Great! Glad we're on the same page! Could you make a couple of adjustments to your "insight" language to make it a bit clearer to folks that the "injustice" you're working on changing is that autistic children are at a higher risk of drowning? Then for the 'root cause' bit you can change it to explain what root cause you're working on -- for example something about how there are not enough opportunities for autistic children to how to swim safely. That will help other folks understand your thinking behind the project.

You can do that by going to your dashboard and click on "compassionate insight."

RaulPF C.
3 April 2018 9:05

Dear Tara,
Congratulations! Your project has been selected to receive a Peace First Challenge mini-grant. We will be in touch soon with details about this payment.

The mini-grant process is also a space for you to get feedback on your peacemaking project. We hope you will use this feedback to further strengthen your project. Please see the feedback on your mini-grant below.

Strengths:
It is great to see how you have identified a clear injustice that is affecting a specific population and the fact that you want to take a very clear action to address it. We are also really happy to see how open you have been to our feedback to improve the way in how you are designing your project.

Things to Consider:
We have some ideas that could make your project stronger:
- Thinking about ways to measure the success of your project that are easier to communicate. For example, you could count how many young people have been trained to measure in terms of quantity and then you could also develop a super simple survey where you can ask the participants a few questions. For example, do you feel more confident with your swimming abilities after the training? And then measure how many of them say "yes". Your goal might be for example to ensure that at least 75% of the participants feel more confident as a result of the training. And if they do not feel confident, you can try to learn more about what you could do differently the next time you do a similar training.

- Consent: Please make sure that if you take photos of the training, the parents and the students give you their consent to use those images on this website.

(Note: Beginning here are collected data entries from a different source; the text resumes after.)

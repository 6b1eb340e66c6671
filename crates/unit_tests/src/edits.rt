//! Edited trees beside trees that are built anew.

ghost use Rattle.std.specs.Prelude.{◌<◌, ◌+◌, ◌-◌, ◌^◌, IfOk, OnOk};
ghost use Rattle.chunk_store.specs.Drafts.{chunks_of};
ghost use Rattle.unit_tests.specs.Samples.{AreEditsBelow, AreFewEdits, IsFit, StandsForFew};

use crate::rows::Rows;
use crate::samples::{draft_of, key_of, tree_of, value_of};
use chunk_store::{Draft, PutFault, Sha512Cut};
use prolly_edit::apply;
use std::alloc::{AllocError, Global};
use std::test::*;
use tuple_codec::{Address, Blob, Edit};

/// How many rows the trees of the table have.
const COUNTS: [u16; 5] = [0, 1, 2, 500, 5_000];

/// What is done at each number from one up to another: a value of this byte is put there, or the row is removed.
#[derive(Clone, Copy)]
struct Span {
    from: u32,
    to: u32,
    byte: Option<u8>,
}

const NOWHERE: Span = Span {
    from: 0,
    to: 0,
    byte: None,
};

/// The byte of the value at a number, where it has a row: so many even numbers from 2 on have one, but for the edits.
fn byte_at(count: u16, span: Span, number: u32) -> Option<u8> {
    if span.from <= number && number < span.to {
        return span.byte;
    }
    if number > 0 && number % 2 == 0 && number <= 2 * count as u32 {
        Some(7)
    } else {
        None
    }
}

fn value_at(alloc: Global, byte: Option<u8>) -> Result<Option<Blob>, AllocError>
    ensures { IfOk result (λ value. IsFit value) }
{
    match byte {
        None => Ok(None),
        Some(byte) => Ok(Some(value_of(alloc, Rows::Long, byte)?)),
    }
}

fn add_edit(
    alloc: Global,
    edits: &mut Vec<Edit>,
    number: u32,
    byte: Option<u8>,
) -> Result<(), AllocError>
    requires few { number < 2 ^ 32 - 1 }
    requires are { AreEditsBelow number edits.old.items }
    ensures { OnOk result (AreEditsBelow (number + 1) edits.new.items) }
{
    let key = key_of(alloc, Rows::Long, number)?;
    let value = value_at(alloc, byte)?;
    edits.push(Edit { key, value })?;
    Ok(())
}

fn edits_of(alloc: Global, span: Span) -> Result<Vec<Edit>, AllocError>
    ensures { IfOk result (λ edits. AreFewEdits edits.items) }
{
    let mut edits = Vec::new(alloc);
    for number in span.from..span.to {
        add_edit(alloc, &mut edits, number, span.byte)?;
    }
    Ok(edits)
}

/// The root of the tree of so many rows, after the edits of a span.
fn built(
    alloc: Global,
    draft: &mut Draft<Sha512Cut>,
    count: u16,
    span: Span,
) -> Result<Address, PutFault>
    ensures { IfOk result (λ root. StandsForFew (chunks_of draft.new.chunks) root.0) }
{
    let end = span.to.max(2 * count as u32 + 1);
    tree_of(alloc, draft, Rows::Long, end, |number| {
        byte_at(count, span, number)
    })
}

/// Whether the tree of so many rows, edited, has the address of the tree that is built of the edited rows.
fn agrees(alloc: Global, count: u16, span: Span) -> Result<bool, PutFault> {
    let mut draft = draft_of::<Sha512Cut>(alloc)?;
    let edits = edits_of(alloc, span)?;
    let root = built(alloc, &mut draft, count, NOWHERE)?;
    let edited = apply(alloc, &mut draft, &root, &edits)?;
    Ok(edited == built(alloc, &mut draft, count, span)?)
}

/// The same where values are put at the numbers from one up to another, and where they are removed.
fn both_agree(alloc: Global, count: u16, from: u32, to: u32) -> Result<bool, PutFault> {
    let byte = Some(9);
    let put = agrees(alloc, count, Span { from, to, byte })?;
    let byte = None;
    let removed = agrees(alloc, count, Span { from, to, byte })?;
    Ok(put && removed)
}

// at the front, in the middle and at the end, where there is a row and where there is none
#[test]
fn edits_of_one_row(rt: HostRuntime) {
    for count in COUNTS {
        let middle = count as u32;
        let last = 2 * count as u32;
        for at in [0, 2, middle, middle + 1, last, last + 1] {
            let same = both_agree(rt.alloc(), count, at, at + 1).expect(&rt, "memory for trees");
            assert!(rt; same, "{count} rows, an edit at {at}");
        }
    }
}

// of up to 500 rows, so that an edit moves rows over each step of 1,024 bytes of a leaf, and of the node above it
#[test]
fn edits_of_one_row_at_random(rt: HostRuntime) {
    let mut seed = 1u32;
    for count in 1..500u16 {
        seed = seed.wrapping_mul(1_664_525).wrapping_add(1_013_904_223);
        let at = (seed >> 8) % (2 * count as u32 + 2);
        let same = both_agree(rt.alloc(), count, at, at + 1).expect(&rt, "memory for trees");
        assert!(rt; same, "{count} rows, an edit at {at}");
    }
}

#[test]
fn edits_of_all_rows_and_of_none(rt: HostRuntime) {
    for count in COUNTS {
        let end = 2 * count as u32 + 1;
        for from in [0, end] {
            let same = both_agree(rt.alloc(), count, from, end).expect(&rt, "memory for trees");
            assert!(rt; same, "{count} rows, edits from {from} on");
        }
    }
}

// 500 rows are 15 leaves, the last of 12 rows; 5,000 have three levels: the last subtree has 3,870 rows, the last leaf 11
#[test]
fn removal_of_all_before_the_last_subtree(rt: HostRuntime) {
    for (count, before) in [(1, 0), (2, 1), (500, 488), (5_000, 1_130), (5_000, 4_989)] {
        let same = both_agree(rt.alloc(), count, 0, 2 * before + 1).expect(&rt, "memory for trees");
        assert!(rt; same, "{count} rows, edits of the first {before}");
    }
}
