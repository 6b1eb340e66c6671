//! Drafts and stores of small chunks: a collision, marks, sealing, and how segments are joined.

use crate::samples::draft_of;
use chunk_region::PagePool;
use chunk_store::{Draft, PutFault, Sha512Cut, Store};
use std::alloc::Global;
use std::test::Fail;
use tuple_codec::{Address, Digester};

#[test]
fn an_address_is_the_first_20_bytes_of_the_digest(rt: HostRuntime) {
    let address = Address([
        0xdd, 0xaf, 0x35, 0xa1, 0x93, 0x61, 0x7a, 0xba, 0xcc, 0x41, 0x73, 0x49, 0xae, 0x20, 0x41,
        0x31, 0x12, 0xe6, 0xfa, 0x4e,
    ]);
    assert!(rt; Sha512Cut::address_of(b"abc") == address);
}

/// Names all bytes alike.
#[derive(Drop)]
struct OneForAll;

impl Digester for OneForAll {
    ghost use Rattle.std.specs.Prelude.{replicate};

    ghost address = { λ _. replicate 20 7 };

    fn address_of(_bytes: &[u8]) -> Address {
        Address([7; 20])
    }
}

/// Whether a draft takes one text twice, and answers another with the clash of both.
fn clashes(draft: &mut Draft<OneForAll>) -> Result<bool, PutFault> {
    let address = draft.put(b"a")?;
    let again = draft.put(b"a")?;
    Ok(match draft.put(b"b") {
        Err(PutFault::Collision(clash)) => address == again
            && clash.address == address
            && clash.first.as_slice() == b"a".as_slice()
            && clash.second.as_slice() == b"b".as_slice(),
        _ => false,
    })
}

#[test]
fn two_strings_of_one_address_are_a_collision(rt: HostRuntime) -> Result<(), Fail> {
    let mut draft = draft_of::<OneForAll>(rt.alloc())?;
    assert!(rt; clashes(&mut draft)?);
    assert!(rt; draft.release().free_pages() == 1);
    Ok(())
}

fn has(draft: &Draft<Sha512Cut>, address: &Address, bytes: &[u8]) -> bool {
    draft.get(address) == Some(bytes)
}

/// Whether what was put behind a mark goes with it alone.
fn goes_back(draft: &mut Draft<Sha512Cut>) -> Result<bool, PutFault> {
    let first = draft.put(b"first")?;
    let mark = draft.mark();
    let second = draft.put(b"second")?;
    let was_there = has(draft, &second, b"second");
    draft.back_to(mark);
    Ok(was_there && has(draft, &first, b"first") && draft.get(&second).is_none())
}

fn is_copied(
    alloc: Global,
    draft: &Draft<Sha512Cut>,
    address: &Address,
    bytes: &[u8],
) -> Result<bool, PutFault> {
    let copy = draft.copied(Store::new(alloc))?;
    Ok(has(&copy, address, bytes))
}

/// Whether a chunk is in a copy, stays over another store, and goes where the draft starts again.
fn moves(alloc: Global, draft: &mut Draft<Sha512Cut>) -> Result<bool, PutFault> {
    let address = draft.put(b"kept")?;
    let is_copied = is_copied(alloc, draft, &address, b"kept")?;
    draft.rebase(Store::new(alloc))?;
    let is_kept = has(draft, &address, b"kept");
    draft.restart(Store::new(alloc));
    Ok(is_copied && is_kept && draft.get(&address).is_none())
}

#[test]
fn a_draft_goes_back_to_a_mark_and_to_other_stores(rt: HostRuntime) -> Result<(), Fail> {
    let mut draft = draft_of::<Sha512Cut>(rt.alloc())?;
    assert!(rt; goes_back(&mut draft)?);
    assert!(rt; moves(rt.alloc(), &mut draft)?);
    assert!(rt; draft.free_pages() == 1);
    draft.refill(4)?;
    draft.clear();
    assert!(rt; draft.free_pages() == 4);
    Ok(())
}

/// Appends a letter to a store, sealed in a draft of its own, with the store's last segments or alone. It tells how many pages were free then.
fn append(alloc: Global, store: &mut Store, letter: u8, alone: bool) -> Result<u32, PutFault> {
    store.reserve(1)?;
    let pool = PagePool::with_pages(alloc, 1)?;
    let mut draft: Draft<Sha512Cut> = Draft::new(store.share()?, pool);
    draft.put(&[letter])?;
    let sealed = if alone {
        draft.seal_own()
    } else {
        draft.seal()
    };
    let Ok((segment, pool)) = sealed else {
        return Err(PutFault::Memory);
    };
    store.append(segment)?;
    Ok(pool.free_pages())
}

/// Whether six segments of one chunk each become two, and the first chunk is still found.
fn are_joined(alloc: Global, alone: bool) -> Result<bool, PutFault> {
    let mut store = Store::new(alloc);
    for letter in b'a'..b'g' {
        if append(alloc, &mut store, letter, alone)? != 1 {
            return Ok(false);
        }
        if alone {
            store.tidy()?;
        }
    }
    let first = Sha512Cut::address_of(b"a");
    Ok(store.segments() == 2 && store.get(&first) == Some(b"a".as_slice()))
}

#[test]
fn small_segments_are_joined(rt: HostRuntime) -> Result<(), Fail> {
    assert!(rt; are_joined(rt.alloc(), false)?);
    assert!(rt; are_joined(rt.alloc(), true)?);
    Ok(())
}
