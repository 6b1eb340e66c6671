//! What a session of the workload does, drawn from its numbers.

ghost use Rattle.std.specs.Prelude.{◌≡◌, ◌<◌, OnOk, IfOk};
ghost use Rattle.workload.specs.Workload.{next, drawn, with_step, with_insert, with_update, with_begin, with_batch, with_inserts, with_updates, nothing_drawn, drawn_of};

use crate::steps::{LoadStep, Pair};
use std::alloc::{AllocError, Global};
use tuple_codec::Sequence;

/// The steps that a session has drawn, and what it draws its next number from.
#[derive(Drop)]
pub struct Drawn {
    pub steps: Sequence<LoadStep>,
    pub x: u64,
}

impl Drawn {
    /// No step yet.
    fn new(alloc: Global, seed: u64, session: u32) -> Drawn
        ensures { result ≡ nothing_drawn seed session }
    {
        Drawn {
            steps: Sequence::new(alloc),
            x: seed.wrapping_add(u64::from(session)),
        }
    }

    /// A number below 2^32.
    fn draw(&mut self) -> u64
        ensures so_far { self.new ≡ record self.old { x = next self.old.x } }
        ensures number { result ≡ drawn (next self.old.x) }
    {
        self.x = self
            .x
            .wrapping_mul(6364136223846793005)
            .wrapping_add(1442695040888963407);
        self.x >> 32
    }

    fn add(&mut self, step: LoadStep) -> Result<(), AllocError>
        ensures { OnOk result (self.new ≡ with_step step self.old) }
    {
        self.steps.push(step)
    }

    /// A transaction begins; the first one makes the table.
    fn begin(&mut self, batch: u64) -> Result<(), AllocError>
        ensures { OnOk result (self.new ≡ with_begin batch self.old) }
    {
        self.add(LoadStep::Begins)?;
        if batch == 0 {
            self.add(LoadStep::Makes)?;
        }
        Ok(())
    }

    /// A row of this key.
    fn insert(&mut self, key: u64) -> Result<(), AllocError>
        ensures { OnOk result (self.new ≡ with_insert key self.old) }
    {
        let value = self.draw() % 1000;
        self.add(LoadStep::Inserts(Pair { key, value }))
    }

    /// A new value for one of the fifty rows from this key on.
    fn update(&mut self, first: u64) -> Result<(), AllocError>
        requires { first < 8000000 }
        ensures { OnOk result (self.new ≡ with_update first self.old) }
    {
        let key = first + self.draw() % 50;
        let new_value = self.draw() % 1000;
        self.add(LoadStep::Updates(Pair {
            key,
            value: new_value,
        }))
    }

    fn insert_rows(&mut self, first: u64) -> Result<(), AllocError>
        requires { first < 8000000 }
        ensures { OnOk result (self.new ≡ with_inserts first self.old) }
    {
        for row in 0..50u64 {
            self.insert(first + row)?;
        }
        Ok(())
    }

    fn update_rows(&mut self, first: u64) -> Result<(), AllocError>
        requires { first < 8000000 }
        ensures { OnOk result (self.new ≡ with_updates first self.old) }
    {
        for _turn in 0..10u64 {
            self.update(first)?;
        }
        Ok(())
    }

    /// One transaction more.
    fn add_batch(&mut self, session: u64, batch: u64) -> Result<(), AllocError>
        requires session { session < 8 }
        requires batch { batch < 10 }
        ensures { OnOk result (self.new ≡ with_batch session batch self.old) }
    {
        let first = 1000000 * session + 1000 * batch;
        self.begin(batch)?;
        self.insert_rows(first)?;
        self.update_rows(first)?;
        self.add(LoadStep::Commits)
    }

    /// All that a session does.
    pub fn of_session(alloc: Global, seed: u64, session: u32) -> Result<Drawn, AllocError>
        requires { session < 8 }
        ensures { IfOk result (λ all. all ≡ drawn_of seed session) }
    {
        let mut all = Drawn::new(alloc, seed, session);
        for batch in 0..10u64 {
            all.add_batch(u64::from(session), batch)?;
        }
        Ok(all)
    }
}
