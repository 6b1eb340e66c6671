//! The items of nodes.

use tuple_codec::{Address, Blob};

/// An item of a leaf: a key and what is kept under it, each of fewer than 2^16 bytes.
#[derive(Drop)]
pub struct LeafItem {
    pub key: Blob,
    pub value: Blob,
}

/// An item of an inner node: the last key below it, the address of the node that it names, and how many rows are below.
#[derive(Drop)]
pub struct RefItem {
    pub key: Blob,
    pub address: Address,
    pub rows: u64,
}
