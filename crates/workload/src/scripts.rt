//! The script of a seed.

ghost use Rattle.std.specs.Prelude.{◌≡◌, ◌<◌, ◌++◌, OnOk, IfOk, map};
ghost use Rattle.workload.specs.Workload.{all_lines, line, names, text_of, with_session, workload};

use crate::draws::Drawn;
use crate::steps::LoadStep;
use script_text::{Line, Script};
use std::alloc::{AllocError, Global};
use tuple_codec::{Sequence, Text};

/// The script of the workload for a seed, with no order given.
pub fn load_script(alloc: Global, seed: u64) -> Result<Script, AllocError>
    ensures { IfOk result (λ script. script ≡ workload seed) }
{
    let names = session_names(alloc)?;
    let lines = script_lines(alloc, seed)?;
    Ok(Script {
        names,
        lines,
        order: None,
    })
}

fn session_names(alloc: Global) -> Result<Sequence<Text>, AllocError>
    ensures { IfOk result (λ these. these ≡ names) }
{
    let mut these = Sequence::new(alloc);
    for digit in b"01234567" {
        these.push(Text::from_slice(alloc, &[b'w', *digit])?)?;
    }
    Ok(these)
}

fn script_lines(alloc: Global, seed: u64) -> Result<Sequence<Line>, AllocError>
    ensures { IfOk result (λ lines. lines ≡ all_lines seed) }
{
    let mut lines = Sequence::new(alloc);
    for session in 0..8u32 {
        add_session(alloc, &mut lines, seed, session)?;
    }
    Ok(lines)
}

fn add_session(
    alloc: Global,
    lines: &mut Sequence<Line>,
    seed: u64,
    session: u32,
) -> Result<(), AllocError>
    requires { session < 8 }
    ensures { OnOk result (lines.new ≡ with_session seed session lines.old) }
{
    let all = Drawn::of_session(alloc, seed, session)?;
    add_lines(alloc, lines, session, all.steps)
}

/// The statements of a session behind all lines so far.
fn add_lines(
    alloc: Global,
    lines: &mut Sequence<Line>,
    session: u32,
    steps: Sequence<LoadStep>,
) -> Result<(), AllocError>
    ensures { OnOk result (lines.new ≡ lines.old ++ map (line session) (map text_of steps)) }
{
    for step in steps.into_vec() {
        let statement = step.text(alloc)?;
        lines.push(Line { session, statement })?;
    }
    Ok(())
}
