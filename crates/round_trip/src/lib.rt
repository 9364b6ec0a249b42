//! Laws of reading: a document is read again as it was printed, and a text spells one tree.
#![tactic(auto)]

ghost use Rattle.std.specs.Prelude.{◌≡◌, ℕ, Bool, List};
ghost use Rattle.tree_model.specs.Forest.{Forest};
ghost use Rattle.tree_model.specs.Labels.{Label};
ghost use Rattle.tree_model.specs.PrintedReads.{PrintedReads};
ghost use Rattle.tree_model.specs.XmlReads.{SpellsTree};

/// The text of a sound document with one element and no text among its children, whose comments and instructions have no CR,
/// whose instructions have no white space before their values, and to whose elements printing adds no namespace declaration,
/// spells that document: without its path, with the declarations that its elements keep, and with ids from 0 in document
/// order.
pub fn printed_documents_are_read_again()
    ensures { PrintedReads }
{}

/// A text spells at most one tree.
pub fn one_tree()
    ensures { (strip : Bool) (text : List ℕ) (f g : Forest Label) → SpellsTree strip text f → SpellsTree strip text g → f ≡ g }
{}
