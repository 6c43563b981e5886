//! Files and sinks in memory, for tests and for calls whose text is dropped.

ghost use Rattle.std.specs.Prelude.{◌≡◌, ℕ, ◌≤◌, ◌<◌, ◌↔◌, ◌⊎◌, ◌++◌, [], length, take, Contains, Some, None, true, false, IfOk, IfSome, IfNone, IsErr, OnErr, OnOk, vec_capacity, vec_len};
ghost use Rattle.ttw_io.specs.Outside.{Told, missing, file, IsRead, ReadsAt, one_more};
ghost use Rattle.ttw_io.specs.Memory.{FilesInMemory, SinkInMemory, named, look_up, room_left, taken};

use crate::outside::{Failed, Faults, Files, Flushes, Sink};
use std::alloc::{AllocError, Global};
use std::marker::Model;

/// The bytes of the first file of that name.
fn find<'a>(files: &'a [(String, Vec<u8>)], name: &str) -> Option<&'a [u8]>
    ensures some { IfSome result (λ bytes. (none : Told) → look_up none (named files.now) name.now ≡ file bytes.now) }
    ensures none { IfNone result ((none : Told) → look_up none (named files.now) name.now ≡ none) }
{
    for f in files {
        if f.0.as_str() == name {
            return Some(f.1.as_slice());
        }
    }
    None
}

/// Copies the bytes from a place on, as many as there are and as fit.
fn copy_at(bytes: &[u8], at: u64, into: &mut [u8]) -> usize
    ensures room { result ≤ length into.new }
    ensures read { IsRead bytes.now at result into.new }
{
    if at >= bytes.len() as u64 {
        return 0;
    }
    let from = at as usize;
    let n = (bytes.len() - from).min(into.len());
    into[..n].copy_from_slice(&bytes[from..from + n]);
    n
}

/// The calls that were made, and the numbers of those that fail.
#[derive(Drop)]
struct Calls {
    fail: Vec<u64>,
    made: u64,
    faults: Faults,
}

impl Calls {
    fn none(fail: Vec<u64>) -> Self
        ensures { result ≡ record { fail = fail; made = 0; faults = 0 } }
    {
        Calls {
            fail,
            made: 0,
            faults: Faults::none(),
        }
    }

    /// Begins the next call, which fails where its number is one of those.
    fn begin(&mut self) -> Result<(), Failed>
        ensures due { IsErr result ↔ Contains self.old.fail.items (one_more self.old.made) }
        ensures counted { self.old.faults ≤ self.new.faults }
        ensures ok { OnOk result (self.new ≡ record self.old { made = one_more self.old.made }) }
        ensures err { OnErr result
            (self.new ≡ record self.old { made = one_more self.old.made; faults = one_more self.old.faults }) }
    {
        self.made = self.made.saturating_add(1);
        if self.fail.contains(&self.made) {
            return Err(self.faults.add());
        }
        Ok(())
    }
}

/// Files in memory. A call with one of the numbers that they were given fails, and so does the read
/// of a name that they were not given.
#[derive(Drop)]
pub struct MemFiles {
    files: Vec<(String, Vec<u8>)>,
    calls: Calls,
}

impl Model for MemFiles {
    ghost Value = { FilesInMemory };

    ghost view = { λ m. record {
      files = named m.files.items;
      fail = m.calls.fail.items;
      made = m.calls.made;
      faults = m.calls.faults;
    } };
}

impl MemFiles {
    /// Takes over the files, of two equal names the first, and the numbers, from 1, of the calls that
    /// are to fail.
    pub fn make(files: Vec<(String, Vec<u8>)>, fail: Vec<u64>) -> Self
        ensures { result ≡ record { files = named files.items; fail = fail.items; made = 0; faults = 0 } }
    {
        MemFiles {
            files,
            calls: Calls::none(fail),
        }
    }
}

impl Files for MemFiles {
    ghost contents = { λ m. look_up missing m.files };

    ghost faults = { λ m. m.faults };

    fn read_at(&mut self, name: &str, at: u64, into: &mut [u8]) -> Result<usize, Failed>
        ensures fails { IsErr result
            ↔ (Contains self.old.fail (one_more self.old.made) ⊎ (look_up missing self.old.files name.now ≡ missing)) }
        ensures room { IfOk result (λ n. n ≤ length into.new) }
        ensures read { IfOk result (λ n. ReadsAt (look_up missing self.old.files name.now) at n into.new) }
        ensures ok { OnOk result (self.new ≡ record self.old { made = one_more self.old.made }) }
        ensures err { OnErr result
            (self.new ≡ record self.old { made = one_more self.old.made; faults = one_more self.old.faults }) }
        ensures counted { self.old.faults ≤ self.new.faults }
    {
        self.calls.begin()?;
        match find(self.files.as_slice(), name) {
            Some(bytes) => Ok(copy_at(bytes, at, into)),
            None => Err(self.calls.faults.add()),
        }
    }
}

/// Files in memory that never fail: a name that it was not given is an empty file.
#[derive(Drop)]
pub struct SureFiles {
    files: Vec<(String, Vec<u8>)>,
}

impl SureFiles {
    /// Takes over the files, of two equal names the first.
    pub fn make(files: Vec<(String, Vec<u8>)>) -> Self
        ensures contents { ⟦<SureFiles as Files>⟧.contents result ≡ look_up (file []) (named files.items) }
        ensures count { ⟦<SureFiles as Files>⟧.faults result ≡ 0 }
    {
        SureFiles { files }
    }
}

impl Files for SureFiles {
    ghost contents = { λ m. look_up (file []) (named m.files.items) };

    ghost faults = { λ _. 0 };

    fn read_at(&mut self, name: &str, at: u64, into: &mut [u8]) -> Result<usize, Failed> {
        let bytes = find(self.files.as_slice(), name).unwrap_or(&[]);
        Ok(copy_at(bytes, at, into))
    }
}

/// A sink in memory, with room that is reserved. A call takes so many bytes at most, and fails where
/// it has one of the numbers that the sink was given or where no room is left for a non-empty piece.
#[derive(Drop)]
pub struct MemSink {
    bytes: Vec<u8>,
    room: usize,
    piece: usize,
    calls: Calls,
    flushes: Flushes,
}

impl Model for MemSink {
    ghost Value = { SinkInMemory };

    ghost view = { λ m. record {
      bytes = m.bytes.items;
      room = m.room;
      piece = m.piece;
      fail = m.calls.fail.items;
      made = m.calls.made;
      faults = m.calls.faults;
      flushes = m.flushes.calls;
      unflushed = m.flushes.unflushed;
    } };

    ghost invariant = { λ m. (1 ≤ m.piece) × (vec_len m.bytes ≤ m.room) × (m.room ≤ vec_capacity m.bytes) };
}

impl MemSink {
    /// Reserves room for `room` bytes, of which a call takes at most `piece`. Writes and flushes are
    /// numbered together, from 1, and `fail` has the numbers of those that are to fail.
    pub fn make(
        alloc: Global,
        room: usize,
        piece: usize,
        fail: Vec<u64>,
    ) -> Result<Self, AllocError>
        requires { 1 ≤ piece }
        ensures { IfOk result (λ m. m ≡ record {
          bytes = [];
          room = room;
          piece = piece;
          fail = fail.items;
          made = 0;
          faults = 0;
          flushes = 0;
          unflushed = false;
        }) }
    {
        Ok(MemSink {
            bytes: Vec::with_capacity(alloc, room)?,
            room,
            piece,
            calls: Calls::none(fail),
            flushes: Flushes::none(),
        })
    }

    /// The bytes held.
    pub fn bytes(&self) -> &[u8]
        ensures { result.now ≡ self.now.bytes }
    {
        self.bytes.as_slice()
    }
}

impl Sink for MemSink {
    ghost held = { λ m. Some m.bytes };

    ghost faults = { λ m. m.faults };

    ghost flushes = { λ m. m.flushes };

    ghost unflushed = { λ m. m.unflushed };

    fn write(&mut self, piece: &[u8]) -> Result<usize, Failed>
        ensures fails { IsErr result
            ↔ (Contains self.old.fail (one_more self.old.made) ⊎ ((room_left self.old ≡ 0) × (0 < length piece.now))) }
        ensures takes { IfOk result (λ n. n ≡ taken self.old (length piece.now)) }
        ensures some { IfOk result (λ n. 0 < length piece.now → 0 < n) }
        ensures ok { IfOk result (λ n. self.new ≡ record self.old {
          bytes = self.old.bytes ++ take n piece.now;
          made = one_more self.old.made;
          unflushed = true;
        }) }
        ensures err { OnErr result
            (self.new ≡ record self.old {
              made = one_more self.old.made;
              faults = one_more self.old.faults;
              unflushed = true;
            }) }
        ensures counted { self.old.faults ≤ self.new.faults }
    {
        self.flushes.write();
        self.calls.begin()?;
        let room = self.room - self.bytes.len();
        if room == 0 && !piece.is_empty() {
            return Err(self.calls.faults.add());
        }
        let n = piece.len().min(self.piece).min(room);
        self.bytes.extend_from_slice(&piece[..n]).unwrap();
        Ok(n)
    }

    fn flush(&mut self) -> Result<(), Failed>
        ensures fails { IsErr result ↔ Contains self.old.fail (one_more self.old.made) }
        ensures ok { OnOk result (self.new ≡ record self.old {
          made = one_more self.old.made;
          flushes = one_more self.old.flushes;
          unflushed = false;
        }) }
        ensures err { OnErr result (self.new ≡ record self.old {
          made = one_more self.old.made;
          faults = one_more self.old.faults;
          flushes = one_more self.old.flushes;
          unflushed = false;
        }) }
        ensures counted { self.old.faults ≤ self.new.faults }
    {
        self.flushes.flush();
        self.calls.begin()
    }
}

/// A sink that drops what it is given, and never fails.
#[derive(Clone, Copy, Debug)]
pub struct SureSink {
    flushes: Flushes,
}

impl SureSink {
    /// A sink that was given nothing yet.
    pub fn make() -> Self
        ensures count { ⟦<SureSink as Sink>⟧.faults result ≡ 0 }
        ensures flushes { ⟦<SureSink as Sink>⟧.flushes result ≡ 0 }
        ensures unflushed { ⟦<SureSink as Sink>⟧.unflushed result ≡ false }
    {
        SureSink {
            flushes: Flushes::none(),
        }
    }
}

impl Sink for SureSink {
    ghost held = { λ _. None };

    ghost faults = { λ _. 0 };

    ghost flushes = { λ s. s.flushes.calls };

    ghost unflushed = { λ s. s.flushes.unflushed };

    fn write(&mut self, piece: &[u8]) -> Result<usize, Failed> {
        self.flushes.write();
        Ok(piece.len())
    }

    fn flush(&mut self) -> Result<(), Failed> {
        self.flushes.flush();
        Ok(())
    }
}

We are super excited to hear how this project goes.

Congratulations and best of luck with your project!

Raul and the Peace First Team

Adrian B.
5 June 2018 16:37

Hi Tara!

Congratulations on finishing your peacemaking project! I’m on the Peace First team and wanted to say thank you for your amazing work and for taking time to share about your work.

Below you will find some feedback based on your Reflection, which we hope will help you to celebrate your incredible accomplishment and reflect on how to grow and develop your project in the future:

Strengths:

Wow! This project is so important, and it is saving lives. Thanks for sharing about your personal connection to this with your brother, and for involving the community in this work. I loved hearing about how your community stepped up in unexpected and powerful ways.

I also loved reading about the ways that connections were built across abled and disabled communities, and how you used compassion, conviction, and persistence to make this a reality. I'm impressed!

Things to consider:

I'm wondering about the ways your project could expand--and what magical new possibilities might open--if you worked to understand the perspectives of autistic advocates themselves and autistic children on the oppression they face. How can they partner, plan, and lead this initiative? A common disability justice saying is "Nothing about us without us is for us." How can the planning happen with autistic community members? Here's an article that talks about this more: https://www.huffingtonpost.com/entry/nothing-about-us-without-us-mantra-for-a-movement_us_59aea450e4b0c50640cd61cf I'm happy to think with you about ways this could become a reality.

We hope you will stay in touch and keep us up to date as you continue your work to create change!